Our MQ server configuration, with CPU cores of 64C and above, is a bit “petty” to do this with 3 threads. This parameter can be tuned.

ServerWorkerThreads: In Netty’s threading model, events are propagated (encoded and decoded) by default in the IO thread, which is the thread of the Selector object mentioned above. To reduce the pressure on the IO thread, RocketMQ defines a separate thread pool for event propagation. That is, IO threads are only responsible for network reads and writes. Read data is decoded and written data is encoded in a separate thread pool. The number of threads in the pool is specified by serverWorkerThreads.

Seeing this finally makes my heart swell, feeling closer and closer to the truth. I set the first wave of parameter optimization to serverSelectorThreads=16 and serverWorkerThreads=32, which was verified in the production environment.

After more than a month of verification, when the number of cluster machines is reduced (after double 11), only a very small number of message sending timeout occurs, which can be ignored basically.

Tips: For a detailed explanation of Netty threading, please refer to the illustration of Netty Threading model, follow the public account, reply to NPDF, and get a free PDF of Netty Channel.

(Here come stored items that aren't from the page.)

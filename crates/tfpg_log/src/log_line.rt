//! What a line of the log says by its words alone: no name is looked up, and no number read.

ghost use Rattle.std.specs.Prelude.{◌≡◌, length, map, codes, bytes_eq, option_map, if◌then◌else◌};
ghost use Rattle.tfpg_log.specs.LogStatements.{log_statement_of, log_statement_in, Alarm, Silent, Sweep, Tick, Mode};
ghost use Rattle.tfpg_log.specs.inside.LogLine.{log_statement_seen, log_line_seen};

use tfpg_base::Words;

/// What a line says after its time, with its name unread.
#[derive(Clone, Copy)]
pub(crate) enum LogStatement<'a> {
    Alarm(&'a [u8]),
    Silent(&'a [u8]),
    Sweep,
    Tick,
    Mode(&'a [u8]),
}

/// A line that has one of the five shapes: the word for its time, unread, and what it says.
#[derive(Clone, Copy)]
pub(crate) struct LogLine<'a> {
    pub(crate) time: &'a [u8],
    pub(crate) statement: LogStatement<'a>,
}

/// The line, where it has one of the five shapes. Takes time linear in its length.
pub(crate) fn read_line(line: &[u8]) -> Option<LogLine<'_>>
    ensures { option_map log_line_seen result ≡ log_statement_of line.now }
{
    let words = Words::filled(line)?;
    log_line_in(words.as_slice())
}

/// The line of these words.
fn log_line_in<'a>(words: &[&'a [u8]]) -> Option<LogLine<'a>>
    ensures { option_map log_line_seen result ≡ log_statement_in (map (λ word. word.now) words.now) }
{
    match words {
        [time, word] => Some(LogLine {
            time: *time,
            statement: statement_alone(*word)?,
        }),
        [time, word, name] => Some(LogLine {
            time: *time,
            statement: statement_with_name(*word, *name)?,
        }),
        _ => None,
    }
}

/// What the word says that no name follows.
fn statement_alone(word: &[u8]) -> Option<LogStatement<'static>>
    ensures { option_map log_statement_seen result
        ≡ (if bytes_eq word.now (codes "sweep") then Some Sweep
        else (if bytes_eq word.now (codes "tick") then Some Tick else None)) }
{
    match word {
        b"sweep" => Some(LogStatement::Sweep),
        b"tick" => Some(LogStatement::Tick),
        _ => None,
    }
}

/// What the word says of this name.
fn statement_with_name<'a>(word: &[u8], name: &'a [u8]) -> Option<LogStatement<'a>>
    ensures { option_map log_statement_seen result
        ≡ (if bytes_eq word.now (codes "alarm") then Some (Alarm name.now)
        else (if bytes_eq word.now (codes "silent") then Some (Silent name.now)
        else (if bytes_eq word.now (codes "mode") then Some (Mode name.now) else None))) }
{
    match word {
        b"alarm" => Some(LogStatement::Alarm(name)),
        b"silent" => Some(LogStatement::Silent(name)),
        b"mode" => Some(LogStatement::Mode(name)),
        _ => None,
    }
}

Insert a picture description here

3, summarize


This article describes the author’s efforts to troubleshoot MQ send timeouts, and finally locate the RocketMQ server about network communication thread model parameter Settings.

The reason why it took so long is that I was misled by my “experience”. In the past, I directly attributed the timeout to the network. The reason was that RocketMQ wrote PageCache data very well, and there were almost no write requests exceeding 100ms. The entire network communication layer is not considered.


Well, this article is introduced here, key three even (attention, like, message) is the biggest encouragement to me, of course, can add the author wechat: DINGwPMz, remarks CSDN, common exchange and discussion.

Finally, share a core RocketMQ ebook with me and you will gain experience in the operation and maintenance of billions of message flows.

Access: wechat search “Middleware Interest circle”, reply RMQPDF can be obtained.

Middleware interest circle

RocketMQ Technology Insider author maintenance, mainly into the system analysis of JAVA mainstream middleware architecture and design principles, to build a complete Internet distributed architecture system, help break the workplace bottleneck.